Wednesday, February 9, 2011

A GIRL WROTE IT BY WIDE EYED PRODUCTIONS

By: Amanda Halkiotis
Only 17% of America’s main stage productions are written by women. Wide Eyed Productions works to balance the playing field for female playwrights in their new production of four short one-acts: A Girl Wrote It (at the Red Room on 85 East Fourth Street in New York’s East Village). Statistics aside, the show makes for an enlightening evening of theater filled with both hilarity as well as heartbreak.

A Girl Wrote It is 
refreshing to watch, and even more so, quite relevant for today's audience. While women writers are all too often generalized – and marginalized – for focusing on topics like beauty and breakups, A Girl Wrote It, never goes near such clichés. Instead, each writer brings their own unique take on reality, from a traumatizing hostage situation transforming into a tender and intimate evening in Lynda Green’s Clementine, to what happens to society when scientists begin screening civilians prior to procreation in Selection by Kris Montgomery. A personal victim of the injustice and imbalance of the male-dominated theater world, Montgomery began play-writing as a way to take matters into her own hands: “I studied writing in college but acted professionally for many years.  After a while I began to get frustrated by the fact that [there] are a lot more roles for men and less men competing for jobs.  I decided that rather than complain about it, the best thing to do would be to sit down and write plays with roles for women.”

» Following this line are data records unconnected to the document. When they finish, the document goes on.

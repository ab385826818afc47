//! Class counts, in the order of the parts.
ghost use Rattle.std.specs.Prelude.{◌≡◌, ◌<◌, ◌≤◌, ◌+◌, ◌^◌, ◌++◌, [], ◌∷◌, length, slice_index, IfErr, OnOk, OnErr};
ghost use Rattle.translate.specs.Counting.{IfTooMany};

use crate::fault::TranslateFault;
use bes_io::Memory;
use std::alloc::Global;
use std::marker::Model;

/// A list of class counts.
#[derive(Drop)]
pub struct Counts {
    items: Vec<u32>,
}

impl Model for Counts {
    ghost use Rattle.std.specs.Prelude.{ℕ, List};

    ghost Value = { List ℕ };

    ghost view = { λ a. a.items.items };
}

impl Counts {
    /// The empty list.
    pub fn new(alloc: Global) -> Self
        ensures { result ≡ [] }
    {
        Counts {
            items: Vec::new(alloc),
        }
    }

    /// Appends the count.
    pub fn push(&mut self, item: u32) -> Result<(), Memory>
        ensures ok { OnOk result (self.new ≡ self.old ++ item ∷ []) }
        ensures err { OnErr result (self.new ≡ self.old) }
    {
        self.items.push(item)?;
        Ok(())
    }

    /// How many counts there are.
    pub fn len(&self) -> usize
        ensures number { result ≡ length self.now }
        ensures few { result < 2 ^ 63 }
    {
        self.items.as_slice().len()
    }

    /// The count at place `i`, counted from 0.
    pub fn item(&self, i: usize) -> &u32
        requires { i < length self.now }
        ensures { result.now ≡ slice_index self.now i }
    {
        &self.items[i]
    }

    /// Refuses the count of the next part where it is over the limit.
    pub(crate) fn admit(&self, count: u32, limit: u32) -> Result<(), TranslateFault>
        ensures within { OnOk result (count ≤ limit) }
        ensures too_many { IfErr result (λ fault. IfTooMany fault (λ part over.
            (part ≡ length self.now + 1) × (over ≡ count) × (limit < count))) }
    {
        if count > limit {
            let part = self.len() as u64 + 1;
            return Err(TranslateFault::TooMany { part, count });
        }
        Ok(())
    }

    /// Appends the count of the next part, or refuses it where it is over the limit.
    pub(crate) fn add(&mut self, count: u32, limit: u32) -> Result<(), TranslateFault>
        ensures appended { OnOk result (self.new ≡ self.old ++ count ∷ []) }
        ensures within { OnOk result (count ≤ limit) }
        ensures too_many { IfErr result (λ fault. IfTooMany fault (λ part over.
            (part ≡ length self.old + 1) × (over ≡ count) × (limit < count))) }
    {
        self.admit(count, limit)?;
        self.push(count)?;
        Ok(())
    }
}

Lynda Green’s Clementine and Selection by Kris Montgomery
The Return of Toodles Von Flooz featuring Lisa Mamazza, Colin McFadden & Brianne Mai 
The gem of the evening is The Return of Toodles Von Flooz by Lisa Ferber, a film noir spoof with razor-sharp wit and great chemistry between all the characters. Ferber’s writing shines in giving typically one-dimensional roles like the femme fatale, male protagonist and ingénue depth and motive. Ferber’s self-aware ear for dialogue resonated with the audience, and in her own words she writes, “My idea behind writing this play is the same as with all my plays: to make myself laugh while writing it, make others laugh while watching it, and to point out some endearing foible of human nature. I am happy that Wide-Eyed Productions has revived my play, as I get the feeling director Kristin Skye Hoffmann clicked with my style.”

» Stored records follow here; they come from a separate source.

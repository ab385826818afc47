//! The operators of formulas, by how many operands they have.
ghost use Rattle.std.specs.Prelude.{◌≡◌, ◌<◌, ℕ, IfOk, map, All};
ghost use Rattle.forms.specs.Tree.{tree, program};
ghost use Rattle.forms.specs.Proper.{IsProperProgram};
ghost use Rattle.forms.specs.Satisfaction.{goes};
ghost use Rattle.diagrams.specs.Live.{Keeps};
ghost use Rattle.automata.specs.Table.{size_of, mark_of, Fits, moves_of};
ghost use Rattle.automata.specs.Numbering.{IsNumbered};
ghost use Rattle.minimise.specs.Minimal.{IsLeast};
ghost use Rattle.translate.specs.Exact.{accepted, IsLeastOf};
ghost use Rattle.translate.specs.Operation.{unary_claim, binary_claim, modal_claim};
ghost use Rattle.path_programs.specs.PathTests.{test_forms};
ghost use Rattle.translate.specs.PathTests.{IsTest};

use crate::{operators, programs};
use automata::{Automaton, Meant};
use bes_io::Memory;
use diagrams::Store;
use forms::Path;
use std::alloc::Global;

/// An operator of one formula.
#[derive(Clone, Copy)]
pub(crate) enum Unary {
    Not,
    Next,
    WeakNext,
    Eventually,
    Always,
}

impl Unary {
    /// The least automaton of the operator over what the least automaton of its operand accepts.
    pub(crate) fn apply(
        self,
        alloc: Global,
        store: &mut Store,
        a: &Automaton,
    ) -> Result<Automaton, Memory>
        requires fits { Fits store.old a.now }
        requires marks { (at : ℕ) → at < size_of a.now → mark_of a.now at < 2 }
        requires least { IsLeast store.old.props (moves_of store.old a.now) }
        requires numbered { IsNumbered store.old.props (moves_of store.old a.now) }
        ensures keeps { Keeps store.old store.new }
        ensures least { IfOk result (λ made. IsLeastOf store.new made (unary_claim self (accepted store.old a.now))) }
    {
        match self {
            Unary::Not => operators::not(alloc, store, a),
            Unary::Next => operators::next(alloc, store, a),
            Unary::WeakNext => operators::weak_next(alloc, store, a),
            Unary::Eventually => operators::eventually(alloc, store, a),
            Unary::Always => operators::always(alloc, store, a),
        }
    }
}

/// An operator of two formulas.
#[derive(Clone, Copy)]
pub(crate) enum Binary {
    And,
    Or,
    Implies,
    Iff,
    Until,
    Release,
}

impl Binary {
    /// The least automaton of the operator over what its operands' automata accept.
    pub(crate) fn apply(
        self,
        alloc: Global,
        store: &mut Store,
        a: &Automaton,
        b: &Automaton,
    ) -> Result<Automaton, Memory>
        requires a { Fits store.old a.now }
        requires b { Fits store.old b.now }
        ensures keeps { Keeps store.old store.new }
        ensures least { IfOk result (λ made.
            IsLeastOf store.new made (binary_claim self (accepted store.old a.now) (accepted store.old b.now))) }
    {
        match self {
            Binary::And => operators::and(alloc, store, a, b),
            Binary::Or => operators::or(alloc, store, a, b),
            Binary::Implies => operators::implies(alloc, store, a, b),
            Binary::Iff => operators::iff(alloc, store, a, b),
            Binary::Until => operators::until(alloc, store, a, b),
            Binary::Release => operators::release(alloc, store, a, b),
        }
    }
}

/// An operator of a path and a formula.
#[derive(Clone, Copy)]
pub(crate) enum Modal {
    Diamond,
    BoxAll,
}

impl Modal {
    /// The least automaton of the operator over the path and what the least automaton of the formula accepts.
    pub(crate) fn apply(
        self,
        alloc: Global,
        store: &mut Store,
        path: &Path,
        tests: &[Meant],
        a: &Automaton,
    ) -> Result<Automaton, Memory>
        requires proper { IsProperProgram store.old.props (program path.now) }
        requires tests { map (λ t. tree t.form) tests.now ≡ test_forms (program path.now) }
        requires meant { All (IsTest store.old) tests.now }
        requires fits { Fits store.old a.now }
        requires marks { (at : ℕ) → at < size_of a.now → mark_of a.now at < 2 }
        requires least { IsLeast store.old.props (moves_of store.old a.now) }
        requires numbered { IsNumbered store.old.props (moves_of store.old a.now) }
        ensures keeps { Keeps store.old store.new }
        ensures least { IfOk result (λ made.
            IsLeastOf store.new made (modal_claim self (goes store.old.props (program path.now)) (accepted store.old a.now))) }
    {
        match self {
            Modal::Diamond => programs::diamond(alloc, store, path, tests, a),
            Modal::BoxAll => programs::box_all(alloc, store, path, tests, a),
        }
    }
}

Wrapping up the production is Plight of the Apothecary by Elizabeth Birkenmeier, the longest and most somber of the four pieces. Set in a stranded island in a post-apocalyptic era, this tale of sibling rivalry and survival, while riveting in places, does not match the strong dramatic writing or tight plot structure found in the other three plays. 

Host Liz White 
Interlude monologues between each play offer additional insight and commentary on the role of the contemporary female playwright. Written by Henrietta Ozelle, Bekah Brunsetter and Lulu Arbid and performed with warmth and honesty by Liz White, these interludes offer a refreshing and thought-provoking perspective on how women are perceived within their respective fields, both within the theater world and beyond. 

When White, as a high school English teacher, meets with a talented student, for example, she tells her student with candid and earnest concern to “stop writing plays.” This stems from the personal frustration White’s character has experienced making no money and rarely getting produced, despite her quality writing. Or the essay an emerging playwright wrote after being nominated for the Wendy Wasserstein Award in 2010, only for the selection panel to decide not to issue the award that year due to them not being able to choose a worthy enough recipient. While works by female playwrights may still not be as well-known or well-produced as their male counterparts, groundbreaking shows like A Girl Wrote It by Wide Eyed Productions certainly takes measures to remedy this.

For tickets, go HERE.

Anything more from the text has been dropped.